(Dataset entries)
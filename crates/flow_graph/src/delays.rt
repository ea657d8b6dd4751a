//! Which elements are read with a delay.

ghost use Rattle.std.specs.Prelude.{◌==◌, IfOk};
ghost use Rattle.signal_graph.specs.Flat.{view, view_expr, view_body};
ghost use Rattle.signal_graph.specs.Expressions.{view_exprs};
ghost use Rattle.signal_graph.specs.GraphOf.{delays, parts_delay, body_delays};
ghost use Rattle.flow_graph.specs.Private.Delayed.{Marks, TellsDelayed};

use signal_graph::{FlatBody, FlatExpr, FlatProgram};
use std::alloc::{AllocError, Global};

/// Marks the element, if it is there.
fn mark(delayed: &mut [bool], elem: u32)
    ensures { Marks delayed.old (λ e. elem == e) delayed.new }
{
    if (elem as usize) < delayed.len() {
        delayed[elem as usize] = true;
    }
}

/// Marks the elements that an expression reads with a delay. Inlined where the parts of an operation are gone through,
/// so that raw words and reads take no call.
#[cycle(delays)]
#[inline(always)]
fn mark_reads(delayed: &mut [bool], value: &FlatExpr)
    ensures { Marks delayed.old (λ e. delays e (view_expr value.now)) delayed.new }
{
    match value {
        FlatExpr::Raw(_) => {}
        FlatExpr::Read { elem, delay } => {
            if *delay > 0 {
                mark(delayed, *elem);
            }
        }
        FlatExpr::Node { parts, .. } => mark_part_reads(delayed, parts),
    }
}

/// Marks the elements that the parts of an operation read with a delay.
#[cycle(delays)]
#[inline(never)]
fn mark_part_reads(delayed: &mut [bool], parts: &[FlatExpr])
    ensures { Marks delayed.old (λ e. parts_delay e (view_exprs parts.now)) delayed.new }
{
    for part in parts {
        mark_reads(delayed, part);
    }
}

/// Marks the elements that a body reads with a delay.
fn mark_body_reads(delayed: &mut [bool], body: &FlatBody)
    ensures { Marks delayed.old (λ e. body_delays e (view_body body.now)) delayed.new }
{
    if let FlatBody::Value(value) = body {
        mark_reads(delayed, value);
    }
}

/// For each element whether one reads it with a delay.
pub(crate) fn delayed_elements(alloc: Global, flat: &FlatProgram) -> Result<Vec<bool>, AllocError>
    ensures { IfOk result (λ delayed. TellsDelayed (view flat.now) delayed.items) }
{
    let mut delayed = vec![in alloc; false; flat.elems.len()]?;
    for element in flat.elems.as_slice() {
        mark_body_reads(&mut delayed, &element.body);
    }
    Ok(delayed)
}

◆ **Task brief**: Among the lines above, repeat exactly those from the line with "for part in" to the line with "for element in", counting both ends.

◆ **Solved exercise**:
    for part in parts {
        mark_reads(delayed, part);
    }
}

/// Marks the elements that a body reads with a delay.
fn mark_body_reads(delayed: &mut [bool], body: &FlatBody)
    ensures { Marks delayed.old (λ e. body_delays e (view_body body.now)) delayed.new }
{
    if let FlatBody::Value(value) = body {
        mark_reads(delayed, value);
    }
}

/// For each element whether one reads it with a delay.
pub(crate) fn delayed_elements(alloc: Global, flat: &FlatProgram) -> Result<Vec<bool>, AllocError>
    ensures { IfOk result (λ delayed. TellsDelayed (view flat.now) delayed.items) }
{
    let mut delayed = vec![in alloc; false; flat.elems.len()]?;
    for element in flat.elems.as_slice() {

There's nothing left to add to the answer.